Dose both GHRH(ModGRF 1-29) and GHRP at 100mcg.

----------


## GunSlingR

dose them both at 100mcg how many a day? I most likely will only be able to maintain 2 adays because of my work schedule. Also can to the two be mixed for one injection? and whats the best way to do this

----------


## dirtybrd

Not sure on the mixing. I just got some alcohol prep pads and load up a pin with my doses for the day and take it with me.

----------


## DCannon

> dose them both at 100mcg how many a day? I most likely will only be able to maintain 2 adays because of my work schedule. Also can to the two be mixed for one injection? and whats the best way to do this


You can dose them 2 or 3 times a day. Do a dose in the morning, one in the afternoon if you can and one before bed, always on an empty stomach.
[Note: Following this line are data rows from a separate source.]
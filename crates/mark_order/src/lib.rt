// Whether the marks of a plan that has passed the check are in order: refusal 11. Each test is one pass over the plan. Its carriers and bays are below
// BAYS, so what a pass remembers of them are two small arrays.
#![tactic(auto)]

ghost use Rattle.std.specs.Prelude.{◌≡◌, true, not, ℕ, ◌≤◌, ◌<◌, eqb, length, get_or};
ghost use Rattle.paper.specs.Basics.{◌or◌, any};
ghost use Rattle.paper.specs.Limits.{most_bays};
ghost use Rattle.paper.specs.Yard.{crossings};
ghost use Rattle.paper.specs.Dependence.{out_of_order};
ghost use Rattle.paper.specs.Docket.{bad_marks};
ghost use Rattle.paper.specs.OnePass.{Fits};
ghost use Rattle.paper.proofs.Marking.{flag};

use paper::BAYS;

// Whether an undone crossing has touched the carrier or one of the bays.
fn touched(carriers: &[u8; BAYS], bays: &[u8; BAYS], carrier: usize, from: usize, to: usize) -> bool
    requires { (carrier < most_bays) × (from < most_bays) × (to < most_bays) }
    ensures { result ≡ flag carriers.now carrier or flag bays.now from or flag bays.now to }
{
    carriers[carrier] == 1 || bays[from] == 1 || bays[to] == 1
}

// How many marks are looked at together.
const BLOCK: usize = 64;

// Whether the marks of some places are all done. All of them are read, which is sooner done than asking at each.
fn all_done(marks: &[u8], from: usize, to: usize) -> bool
    requires { to ≤ length marks.now }
    ensures { result ≡ true → (i : ℕ) → from ≤ i → i < to → get_or marks.now i 0 ≡ 1 }
{
    let mut all = true;
    for i in from..to {
        all &= marks[i] == 1;
    }
    all
}

// A place before which all marks are done: where crossings are reported in the plan's order, that of the first undone one or a little before it.
pub fn done_to(marks: &[u8]) -> usize
    ensures { (result ≤ length marks.now) × ((i : ℕ) → i < result → get_or marks.now i 0 ≡ 1) }
{
    let blocks = marks.len() / BLOCK;
    for block in 0..blocks {
        let from = block * BLOCK;
        if !all_done(marks, from, from + BLOCK) {
            return from;
        }
    }
    blocks * BLOCK
}

// Whether a crossing is marked done before an earlier one it depends on. None is while all before it are done.
fn order_pass(plan: &[u64], marks: &[u8]) -> bool
    requires { (length marks.now ≡ length plan.now) × Fits most_bays most_bays plan.now }
    ensures { result ≡ out_of_order (crossings plan.now) marks.now }
{
    let mut carriers: [u8; BAYS] = [0; BAYS];
    let mut bays: [u8; BAYS] = [0; BAYS];
    for i in done_to(marks)..plan.len() {
        let x = plans::crossing_at(plan, i);
        let carrier = x.carrier.0 as usize;
        let from = x.from.0 as usize;
        let to = x.to.0 as usize;
        if marks[i] == 1 {
            if touched(&carriers, &bays, carrier, from, to) {
                return true;
            }
        } else {
            carriers[carrier] = 1;
            bays[from] = 1;
            bays[to] = 1;
        }
    }
    false
}

// Whether a mark is neither 0 nor 1. All marks are read, which is sooner done than asking at each of them.
fn odd_mark(marks: &[u8]) -> bool
    ensures { result ≡ any (λ m. not (eqb m 0 or eqb m 1)) marks.now }
{
    let mut odd = false;
    for mark in marks {
        odd |= *mark > 1;
    }
    odd
}

// Whether the report is refused with 11.
pub fn bad_marks(plan: &[u64], marks: &[u8]) -> bool
    requires { Fits most_bays most_bays plan.now }
    ensures { result ≡ bad_marks (crossings plan.now) marks.now }
{
    marks.len() != plan.len() || odd_mark(marks) || order_pass(plan, marks)
}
You can mix the two for one injection but only just before you inject it. Don't store them mixed together.

----------


## Bulkn

^So you can't Pre-load a few the night before? Why's that?

----------


## kosgr

The appropriate dosage for anabolic effects should be 3 times a day,so one in the morning, one before training and the last before bed

----------


## DCannon

> ^So you can't Pre-load a few the night before? Why's that?
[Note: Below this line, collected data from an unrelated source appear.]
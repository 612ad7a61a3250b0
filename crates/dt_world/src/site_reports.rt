//! The report of events, read off the sites of all regions, each as it is after these events.
//!
//! Outcomes, whose an attempt is, and rows stand in the sites, so nothing is executed again. The events are gone through for
//! the order of first executions, and to follow what each session waits for, which sites do not keep.
ghost use Rattle.std.specs.Prelude.{if◌then◌else◌, ◌≡◌, ◌+◌, ◌<◌, ◌++◌, ◌∷◌, [], ℕ, List, flat_map, length, map, option_to_list, position, take, IfOk, OnOk};
ghost use Rattle.std.specs.List.{list_any};
ghost use Rattle.dt_lists.specs.Lists.{AllIn, Distinct};
ghost use Rattle.dt_access.specs.Clash.{same_key};
ghost use Rattle.dt_table.specs.Table.{shown};
ghost use Rattle.dt_workload.specs.Valid.{session_names};
ghost use Rattle.dt_session.specs.World.{is_session};
ghost use Rattle.dt_session.specs.Run.{order_of};
ghost use Rattle.dt_agreement.specs.Invariant.{IsExecutedAt};
ghost use Rattle.dt_report.specs.Printable.{IsPrintable, IsPrintableRan, IsPrintableReply};
ghost use Rattle.dt_report.specs.Report.{order_text, ran_line, reply_line, report_text};
ghost use Rattle.dt_report.specs.ShownTables.{all_shown};
ghost use Rattle.dt_world.specs.MarksInner.{AreMarkedIds};
ghost use Rattle.dt_world.specs.SessionReplayInner.{AddsRan, AddsReply, IsAttempt, rans_at, replay_at, replies_at};
ghost use Rattle.dt_world.specs.ReportSourceInner.{LedTo, world_told};
ghost use Rattle.dt_world.specs.SitesAfter.{AreSitesAfter};
ghost use Rattle.dt_world.specs.WorldReport.{report_of, replies_of, rans_of};

use crate::marks::Marks;
use crate::session_replay::SessionReplay;
use dt_access::TxnId;
use dt_cluster::Cluster;
use dt_events::Event;
use dt_report::{
    EventList, Ran, Rans, Replies, Reply, Report, Tables, begin_order, begin_text,
    events_are_written, put_all_shown, put_events, put_ran, put_reply,
};
use dt_sched::Scheduler;
use dt_site::{Origin, Site};
use dt_table::Table;
use dt_text::{Name, NoMemory};
use dt_txn::Outcome;
use dt_workload::Workload;
use indexmap::IndexSet;
use std::alloc::Global;
use std::marker::Model;

/// Events, and the sites of all regions, each as it is after these, with the cluster and the workload.
#[derive(Drop)]
pub struct ReportSource<'a, 'b, S: Scheduler + Drop> {
    cluster: &'a Cluster,
    workload: &'a Workload,
    /// The site of each region, by its number.
    sites: &'a [&'b Site<S>],
    events: &'a [Event],
}

impl<'a, 'b, S: Scheduler + Drop> Model for ReportSource<'a, 'b, S> {
    ghost use Rattle.dt_world.specs.ReportSourceInner.{ReportSourceView};
    ghost use Rattle.dt_world.specs.ReportSourceCode.{report_source_code};

    ghost Value = { ReportSourceView };

    ghost coded = { report_source_code };

    ghost use Rattle.std.specs.Prelude.{map};

    ghost view = { λ t. record { cluster = t.cluster.now; workload = t.workload.now; sites = map (λ site. site.now) t.sites.now; events = t.events.now } };
}

/// The report of events, read off the sites of all regions, each as it is after them. The events become part of it.
pub fn report_of_sites<S: Scheduler + Drop>(
    alloc: Global,
    cluster: &Cluster,
    workload: &Workload,
    sites: &[&Site<S>],
    events: Vec<Event>,
) -> Result<Report, NoMemory>
    requires { AreSitesAfter cluster.now workload.now events.items (map (λ site. site.now) sites.now) }
    ensures { IfOk result (λ report. report ≡ report_of cluster.now workload.now events.items) }
{
    let (replies, order) = replies_and_order(
        alloc,
        &*cluster,
        &*workload,
        &*sites,
        events.as_slice(),
    )?;
    let tables = tables(alloc, sites)?;
    Ok(Report {
        replies,
        order,
        tables,
        events: EventList::from_vec(events),
    })
}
because the peptides aren't stable together for too long. Only mix them just before you shoot.

----------


## TallMan

If it's the DAC version it works 8-10 days so no need to inject it three times a day and no need for ghrp2/6. Not sure about the dosing but 2000-5000mcg is a good range I've read.
And you should take huperzine A with it cause that will make the effect even better

----------


## DCannon

> If it's the DAC version it works 8-10 days so no need to inject it three times a day and no need for ghrp2/6. Not sure about the dosing but 2000-5000mcg is a good range I've read.
> And you should take huperzine A with it cause that will make the effect even better


This is very outdated advice.
Do not use CJC1295 with or without hupA. It has been shown to cause GH bleed.

----------


## TallMan

> This is very outdated advice.
> Do not use CJC1295 with or without hupA. It has been shown to cause GH bleed.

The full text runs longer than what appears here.